● **Task directions**
Every line of the entries below that includes "ends" belongs in the answer, copied as written.

- Opening Delimiter -

//! Where a term is whole: a name that takes up its arguments, and groups that close.
ghost use Rattle.std.specs.Prelude.{◌≡◌, ◌≤◌, Some, OnOk, length};
ghost use Rattle.terms_api.specs.Terms.{trees};
ghost use Rattle.term_syntax.specs.Shown.{quoted_at};
ghost use Rattle.term_building.specs.Ready.{IsReady, state_in};
ghost use Rattle.term_building.specs.State as steps;

use crate::builder::{Builder, Stage};
use crate::building::{build_list, build_symbol, count_from};
use crate::given_up::GivenUp;
use crate::groups::{Group, Heading};
use std::alloc::Global;
use term_syntax::{quoted_name_at, take_symbol};
use terms_api::Terms;

/// How many arguments a symbol may have.
const MOST_ARGUMENTS: u32 = 16;

impl Builder {
    // A term is whole, which ends before a place.
    #[inline(always)]
    pub(super) fn end<T: Terms>(
        &mut self,
        text: &[u8],
        at: usize,
        store: &mut T,
    ) -> Result<(), GivenUp>
        requires ready { IsReady (T.store store.old) self.old }
        requires at { at ≤ length text.now }
        ensures built { OnOk result
            (Some (steps.ended text.now at (state_in self.old (T.store store.old)))
            ≡ Some (state_in self.new (T.store store.new))) }
        ensures ready { OnOk result (IsReady (T.store store.new) self.new) }
        ensures same { OnOk result (T.same store.old store.new) }
    {
        // Only the contract reads the store.
        let _ = &store;
        self.stage = Stage::Settled;
        if self.groups.is_empty() {
            self.lines.end_line(text, at)?;
        }
        Ok(())
    }

    // A name, by its bytes, is a tree over the last so many, if it may be a symbol.
    #[inline(always)]
    fn call_name<T: Terms>(&mut self, name: &[u8], count: u32, store: &mut T) -> Result<(), GivenUp>
        requires ready { IsReady (T.store store.old) self.old }
        requires there { count ≤ length (trees (T.store store.old)) }
        ensures built { OnOk result
            (steps.call_named name.now count (state_in self.old (T.store store.old))
            ≡ Some (state_in self.new (T.store store.new))) }
        ensures ready { OnOk result (IsReady (T.store store.new) self.new) }
        ensures same { OnOk result (T.same store.old store.new) }
    {
        if count > MOST_ARGUMENTS {
            return Err(GivenUp::Otherwise);
        }
        if count > self.most {
            return Err(GivenUp::TooSmall);
        }
        let symbol = take_symbol(name, count, 0, &mut self.lately, &mut self.symbols)?;
        build_symbol(store, symbol, count)
    }

    // The same, of the name in quotes that begins at a place of the text.
    #[inline(never)]
    fn call_quoted<T: Terms>(
        &mut self,
        alloc: Global,
        text: &[u8],
        place: usize,
        count: u32,
        store: &mut T,
    ) -> Result<(), GivenUp>
        requires ready { IsReady (T.store store.old) self.old }
        requires there { count ≤ length (trees (T.store store.old)) }
        ensures built { OnOk result
            (steps.call_named (quoted_at text.now place) count
            (state_in self.old (T.store store.old))
            ≡ Some (state_in self.new (T.store store.new))) }
        ensures ready { OnOk result (IsReady (T.store store.new) self.new) }
        ensures same { OnOk result (T.same store.old store.new) }
    {
        let name = quoted_name_at(alloc, text, place)?;
        self.call_name(name.as_slice(), count, store)
    }

    // The same, of the plain name between two places of the text.
    #[inline(always)]
    fn call_plain<T: Terms>(
        &mut self,
        text: &[u8],
        place: usize,
        end: usize,
        count: u32,
        store: &mut T,
    ) -> Result<(), GivenUp>
        requires ready { IsReady (T.store store.old) self.old }
        requires there { count ≤ length (trees (T.store store.old)) }
        ensures built { OnOk result
            (steps.call text.now (steps.name_at place end) count
            (state_in self.old (T.store store.old))
            ≡ Some (state_in self.new (T.store store.new))) }
        ensures ready { OnOk result (IsReady (T.store store.new) self.new) }
        ensures same { OnOk result (T.same store.old store.new) }
    {
        if place <= end && end <= text.len() {
            self.call_name(&text[place..end], count, store)
        } else {
            Err(GivenUp::Otherwise)
        }
    }

    // The same, of a name that stands in the text.
    #[inline(always)]
    fn call<T: Terms>(
        &mut self,
        alloc: Global,
        text: &[u8],
        heading: Heading,
        count: u32,
        store: &mut T,
    ) -> Result<(), GivenUp>
        requires ready { IsReady (T.store store.old) self.old }
        requires there { count ≤ length (trees (T.store store.old)) }
        ensures built { OnOk result
            (steps.call text.now heading count (state_in self.old (T.store store.old))
            ≡ Some (state_in self.new (T.store store.new))) }
        ensures ready { OnOk result (IsReady (T.store store.new) self.new) }
        ensures same { OnOk result (T.same store.old store.new) }
    {
        let place = heading.place as usize;
        if heading.quoted {
            self.call_quoted(alloc, text, place, count, store)
        } else {
            self.call_plain(text, place, heading.end as usize, count, store)
        }
    }

    // A plain name was a whole term, which ends where the name does.
    #[inline(always)]
    pub(super) fn settle_plain<T: Terms>(
        &mut self,
        text: &[u8],
        place: usize,
        end: usize,
        store: &mut T,
    ) -> Result<(), GivenUp>
        requires ready { IsReady (T.store store.old) self.old }
        requires place { place ≤ end }
        requires end { end ≤ length text.now }
        ensures built { OnOk result
            (steps.settled text.now (steps.name_at place end) end
            (state_in self.old (T.store store.old))
            ≡ Some (state_in self.new (T.store store.new))) }
        ensures ready { OnOk result (IsReady (T.store store.new) self.new) }
        ensures same { OnOk result (T.same store.old store.new) }
    {
        self.call_name(&text[place..end], 0, store)?;
        self.end(text, end, store)
    }

    // A name was a whole term, which ends before a place.
    #[inline(always)]
    pub(super) fn settle<T: Terms>(
        &mut self,
        alloc: Global,
        text: &[u8],
        heading: Heading,
        at: usize,
        store: &mut T,
    ) -> Result<(), GivenUp>
        requires ready { IsReady (T.store store.old) self.old }
        requires at { at ≤ length text.now }
        ensures built { OnOk result
            (steps.settled text.now heading at (state_in self.old (T.store store.old))
            ≡ Some (state_in self.new (T.store store.new))) }
        ensures ready { OnOk result (IsReady (T.store store.new) self.new) }
        ensures same { OnOk result (T.same store.old store.new) }
    {
        self.call(alloc, text, heading, 0, store)?;
        self.end(text, at, store)
    }

    // Parentheses close.
    #[inline(always)]
    pub(super) fn close_call<T: Terms>(
        &mut self,
        alloc: Global,
        text: &[u8],
        group: Group,
        end: usize,
        store: &mut T,
    ) -> Result<(), GivenUp>
        requires ready { IsReady (T.store store.old) self.old }
        requires end { end ≤ length text.now }
        ensures built { OnOk result
            (steps.close_call text.now end group.heading
            (steps.count_in group (state_in self.old (T.store store.old)))
            (state_in self.old (T.store store.old))
            ≡ Some (state_in self.new (T.store store.new))) }
        ensures ready { OnOk result (IsReady (T.store store.new) self.new) }
        ensures same { OnOk result (T.same store.old store.new) }
    {
        let count = count_from(store, group.base);
        match group.heading {
            Some(heading) => {
                self.groups.close();
                self.call(alloc, text, heading, count, store)?;
                self.end(text, end, store)
            }
            None => Err(GivenUp::Otherwise),
        }
    }

    // Brackets close.
    #[inline(always)]
    pub(super) fn close_list<T: Terms>(
        &mut self,
        text: &[u8],
        group: Group,
        end: usize,
        store: &mut T,
    ) -> Result<(), GivenUp>
        requires ready { IsReady (T.store store.old) self.old }
        requires end { end ≤ length text.now }
        ensures built { OnOk result
            (steps.close_list text.now end group.heading
            (steps.count_in group (state_in self.old (T.store store.old)))
            (state_in self.old (T.store store.old))
            ≡ Some (state_in self.new (T.store store.new))) }
        ensures ready { OnOk result (IsReady (T.store store.new) self.new) }
        ensures same { OnOk result (T.same store.old store.new) }
    {
        let count = count_from(store, group.base);
        match group.heading {
            Some(_) => Err(GivenUp::Otherwise),
            None => {
                build_list(store, count)?;
                self.groups.close();
                self.end(text, end, store)
            }
        }
    }
}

- Closing Delimiter -

● **Solution to this problem**
    // A term is whole, which ends before a place.
    // A plain name was a whole term, which ends where the name does.
    // A name was a whole term, which ends before a place.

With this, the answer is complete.